● **Task material**:

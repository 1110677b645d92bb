//! Arms and handlers of statements.
ghost use Rattle.std.specs.Prelude.{◌≡◌, ◌++◌, ◌∷◌, [], map, flat_map, nat_eq, nat_lt};
ghost use Rattle.herm_model.specs.Lists.{all_pass, any_pass, range};
ghost use Rattle.herm_model.specs.Statements.{Arm};
ghost use Rattle.herm_naming.specs.Fits.{fits_arm, has_every_arm, may_be};
ghost use Rattle.herm_naming.specs.UnknownNames.{is_there};
ghost use Rattle.herm_typed.specs.View.{typed_path_view};
ghost use Rattle.herm_typed.specs.Blocks.{typed_arm_view};
ghost use Rattle.herm_judge.specs.View.{kind, table_of, variables_of};

use crate::frame::Frame;
use crate::paths::{is_own, is_part_there, is_seen, is_there, type_of};
use crate::shapes::{may_give, shape_of};
use herm_base::{ExcNo, TypeNo};
use herm_typed::{TypedPath, TypedStmt};
use herm_types::{Shape, TypeTable};

/// Whether a component of the variant at a path is there, behind the path.
#[tactic(auto, using(crate::proofs::Components::component_there))]
pub fn is_component_there(frame: &Frame, v: &TypedPath, component: u32) -> bool
    ensures there { result ≡ is_there (table_of frame.now) (variables_of frame.now) (typed_path_view v.now ++ (component ∷ [])) }
{
    is_there(frame, &v.path) && is_part_there(frame.types, type_of(frame, &v.path), component)
}

/// Whether the components that the arms of a `case` name are there.
pub fn are_components_there(frame: &Frame, v: &TypedPath, arms: &[(u32, Vec<TypedStmt>)]) -> bool
    ensures there { result ≡ all_pass (is_there (table_of frame.now) (variables_of frame.now)) (map (λ c. typed_path_view v.now ++ (c ∷ [])) (map (λ a. a.0) arms.now)) }
{
    'arms: for (component, _) in arms {
        if !is_component_there(frame, v, *component) {
            return false;
        }
    }
    true
}

fn has_arm(arms: &[(u32, Vec<TypedStmt>)], component: usize) -> bool
    ensures arm { result ≡ any_pass (nat_eq component) (map (λ a. a.0) arms.now) }
{
    'arms: for (other, _) in arms {
        if component == *other as usize {
            return true;
        }
    }
    false
}

#[tactic(auto, using(crate::proofs::Stops::each_next))]
fn has_each(arms: &[(u32, Vec<TypedStmt>)], count: usize) -> bool
    ensures each { result ≡ all_pass (λ c. any_pass (nat_eq c) (map (λ a. a.0) arms.now)) (range 0 count) }
{
    let mut component: usize = 0;
    'components: while component < count {
        if !has_arm(arms, component) {
            return false;
        }
        component += 1;
    }
    true
}

/// Whether a type is a variant, and each of its components has an arm.
pub fn has_every_arm(types: &TypeTable, v: Option<TypeNo>, arms: &[(u32, Vec<TypedStmt>)]) -> bool
    ensures may { result ≡ may_be types.now.shapes (has_every_arm (map (λ a. a.0) arms.now)) (kind v) }
{
    match shape_of(types, v) {
        None => true,
        Some(shape) => match shape {
            Shape::Cases(parts) => {
                let parts = parts.as_slice();
                has_each(arms, parts.len())
            }
            _ => false,
        },
    }
}

/// Whether the paths of the arms of a `select` are there.
pub fn are_arms_there(frame: &Frame, arms: &[(TypedPath, TypedPath, Vec<TypedStmt>)]) -> bool
    ensures there { result ≡ all_pass (is_there (table_of frame.now) (variables_of frame.now)) (flat_map (λ (a : Arm). a.port ∷ a.target ∷ []) (map typed_arm_view arms.now)) }
{
    'arms: for (port, target, _) in arms {
        if !(is_there(frame, &port.path) && is_there(frame, &target.path)) {
            return false;
        }
    }
    true
}

/// Whether messages of the type at a target come from a port.
pub fn is_arm_fit(frame: &Frame, target: &TypedPath, port: &TypedPath) -> bool
    ensures fits { result ≡ fits_arm (table_of frame.now) (variables_of frame.now) (record { target = typed_path_view target.now; port = typed_path_view port.now }) }
{
    (is_own(frame, &target.path) && is_seen(frame, &port.path))
        && may_give(
            frame.types,
            type_of(frame, &port.path),
            type_of(frame, &target.path),
        )
}

/// Whether the arms of a `select` fit.
pub fn are_arms_fit(frame: &Frame, arms: &[(TypedPath, TypedPath, Vec<TypedStmt>)]) -> bool
    ensures fit { result ≡ all_pass (fits_arm (table_of frame.now) (variables_of frame.now)) (map typed_arm_view arms.now) }
{
    'arms: for (port, target, _) in arms {
        if !is_arm_fit(frame, target, port) {
            return false;
        }
    }
    true
}

/// Whether the exceptions of handlers are there.
pub fn are_handlers_there(exceptions: usize, handled: &[(ExcNo, Vec<TypedStmt>)]) -> bool
    ensures there { result ≡ all_pass (λ e. nat_lt e exceptions) (map (λ h. h.0.0) handled.now) }
{
    'handlers: for (e, _) in handled {
        if !((e.0 as usize) < exceptions) {
            return false;
        }
    }
    true
}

● **Task objective**: A single figure is the answer: the number of lines in the listing where "shapes" occurs.

● **Problem solution**: 2